Pada lansia umumnya enamel berwarna kuning, diduga

kemungkinan adalah pengaruh warna dari sklerotik dentin.

- Dentin

Secara fisiologi dentin terus terbentuk, meningkat seiring

bertambahnya usia dan dikenal dengan istilah dentin sekunder.

Dentin sekunder tebentuk pada seluruh area kavitas pulpa, tapi

pada daerah pulp chamber lebih tebal dibandingkan pada atap

dan dasar dari dinding pulpa.

Reparatif dentin (dentin tersier) adalah suatu bentuk dentin yang

digantikan oleh odontoblast sebagai suatu respon terhadap

berbagai iritan, seperti atrisi, abrasi, erosi, trauma, moderat

karies, dan prosedur operatif. Reparatif dentin biasanya

terbentuk pada daerah gigi yang mengalami tekanan mekanikal.

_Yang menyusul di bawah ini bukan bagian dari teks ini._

//! The placer of one partition, which goes once through a batch.

ghost use Rattle.std.specs.Prelude.{◌≡◌, ◌<◌, ◌≤◌, ◌+◌, ◌-◌, ◌*◌, ◌^◌, ◌++◌, ℕ, List, Some, fold, length, map, slice_get, vec_len, IfOk, OnOk};
ghost use Rattle.model_base.specs.References.{tables_of};
ghost use Rattle.model_base.specs.Versions.{accesses_of};
ghost use Rattle.placing.specs.Latest.{IsLatest, Notes, own_prior, own_writer};
ghost use Rattle.placing.specs.Parts.{own_references, part_of, with_place, with_reference};

use crate::latest::Latest;
use crate::part::Part;
use crate::tables::find_tables;
use model_base::{Access, MOST_ACCESSES, Place, Statement, Table};
use sequencer::LogTail;
use std::alloc::{AllocError, Global};
use std::ops::Range;

/// Passes the references of the accesses, in order.
fn pass_accesses(latest: &Latest, part: &mut Part, accesses: &[Access]) -> Result<(), AllocError>
    requires { part.old.count + length accesses.now < 2 ^ 63 }
    ensures part { OnOk result (part.new ≡ fold with_reference part.old (map (own_writer latest.now) accesses.now)) }
    ensures count { OnOk result (part.new.count ≡ part.old.count + length accesses.now) }
{
    for access in accesses {
        part.pass(latest.writer(access))?;
    }
    Ok(())
}

/// Passes the references of the tables, in order.
fn pass_tables(latest: &Latest, part: &mut Part, tables: &[Table]) -> Result<(), AllocError>
    requires { part.old.count + length tables.now < 2 ^ 63 }
    ensures part { OnOk result (part.new ≡ fold with_reference part.old (map (own_prior latest.now) tables.now)) }
    ensures count { OnOk result (part.new.count ≡ part.old.count + length tables.now) }
{
    for table in tables {
        part.pass(latest.prior(*table))?;
    }
    Ok(())
}

/// Goes through the statement of the next place: finds what of the partition it is referred to, and then notes it as what
/// later places may be referred to. `tables` is cleared first, and serves as room for the statement's tables. On `Err`
/// memory ran out, and what was found is of no further use.
fn place_statement(
    latest: &mut Latest,
    part: &mut Part,
    tables: &mut Vec<Table>,
    statement: &Statement,
    place: Place,
) -> Result<(), AllocError>
    requires few { length (accesses_of statement.now.form) ≤ MOST_ACCESSES }
    requires room { part.old.count < 2 ^ 62 }
    ensures found { OnOk result (part.new
        ≡ with_place part.old (map (own_writer latest.old) (accesses_of statement.now.form)
        ++ map (own_prior latest.old) (tables_of statement.now.form))) }
    ensures count { OnOk result (part.new.count ≤ part.old.count + 33) }
    ensures notes { OnOk result (Notes latest.old latest.new statement.now place) }
{
    tables.clear();
    find_tables(tables, statement)?;
    pass_accesses(latest, part, statement.accesses())?;
    pass_tables(latest, part, tables)?;
    part.end_place()?;
    latest.note(statement, place)
}

/// What one partition's placer finds in the batch of these places: for each of them, in the order of the log, which earlier
/// place of the batch last may change each row of the partition that it accesses, and which last has a deed on each table
/// of the partition that is a table of its needs or of its deed. A place counts by what it declares, whatever will become
/// of it. The cost of a place is that of a look-up for each of its accesses and tables. `Err` says that memory ran out.
pub fn place(
    alloc: Global,
    log: &LogTail,
    range: Range<Place>,
    partition: usize,
    partitions: usize,
) -> Result<Part, AllocError>
    requires partitions { 0 < partitions }
    requires kept { log.now.dropped ≤ range.start }
    requires within { range.end ≤ length log.now.log.statements }
    ensures { IfOk result (λ part. part ≡ part_of partitions log.now.log.statements range.start (range.end - range.start) partition) }
{
    let mut latest = Latest::new(alloc, partition, partitions);
    let mut part = Part::new(alloc);
    let mut tables = Vec::new(alloc);
    let _len = log.len();
    for place in range.start..range.end {
        let statement = log.statement(place);
        place_statement(&mut latest, &mut part, &mut tables, statement, place)?;
    }
    Ok(part)
}
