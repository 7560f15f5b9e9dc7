//! Where each place of a batch finds the rows that it reads and its grants.
//!
//! `place` goes through a batch for one partition and returns its `Part`; `merge` makes `Refs` of the parts, the same
//! for every number of partitions. `Finder` does so place by place: `find`, `writer`, `prior`, and `note` once a place
//! was placed. A step for each place and reference; on `Err`, out of memory.
//!
//! After J. M. Faleiro and D. J. Abadi, "Rethinking Serializable Multiversion Concurrency Control", PVLDB 8 (2015),
//! section 3: each partition is gone through in the order of the log, without the others. References to deeds are this
//! project's own.
#![tactic(auto)]

mod finder;
mod latest;
mod laws;
mod part;
mod partition;
mod placer;
mod refs;
mod tables;

pub use finder::Finder;
pub use laws::references_are_last;
pub use part::{Found, Part};
pub use partition::{partition_of, partition_of_table};
pub use placer::place;
pub use refs::{Refs, merge};
pub use tables::{find_tables, has_need};
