//! Which partition a key, and which the deeds on a table belong to.

ghost use Rattle.std.specs.Prelude.{◌≡◌, ◌<◌};
ghost use Rattle.placing.specs.Parts.{key_partition, table_partition};

use model_base::{Key, Table};

/// The partition of a key, of this many.
pub fn partition_of(key: Key, partitions: usize) -> usize
    requires { 0 < partitions }
    ensures value { result ≡ key_partition partitions key.table key.row }
    ensures below { result < partitions }
{
    (key.table.0 as usize + key.row as usize) % partitions
}

/// The partition of the deeds on a table, of this many.
pub fn partition_of_table(table: Table, partitions: usize) -> usize
    requires { 0 < partitions }
    ensures value { result ≡ table_partition partitions table }
    ensures below { result < partitions }
{
    table.0 as usize % partitions
}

Selain itu, seiring bertambahnya usia sklerotik dentin juga

terbentuk. Sklerotik dentin merupakan suatu bentuk dari akibat

penuaan dan iritasi ringan serta beberapa perubahan pada

komposisi dentin primer. Peritubular dentin menjadi lebih lebar,

lebih besar, dan tubulus berisi material yang telah terkalsifikasi

sebagai suatu akibat dari perkembangan pulpa ke daerah DEJ.

Dentin sklerotik merupakan suatu keadaan yang fisiologis.

Namun apabila terbentuk karena adanya iritasi ringan, maka hal

tersebut merupakan suatu keadaan yang patologis, membentuk

reaktif dentin sklerotik. Dentin kurang termineralisasi (lebih

lunak) dibandingkan enamel, namun lebih termineralisasi

dibandingkan sementum

- Sementum

Sementum merupakan jaringan keras gigi yang membungkus

dentin pada akar anatomis, dibentuk oleh sel sementoblast yang

merupakan perkembangan dari sel mesenkim yang tidak

terdeferensiasi. Daerah tertebal terdapat pada ujung akar

sebagai akibat dari erupsi pasif. Pertautan antara dentin dan

sementum sangat halus dan pertautan antara sementum dengan

enamel memiliki perlekatan yang kuat.

Seiring bertambahnya usia, sementum bertambah tebal karena

adanya deposisi atau kalsifikasi dari sementum seluler.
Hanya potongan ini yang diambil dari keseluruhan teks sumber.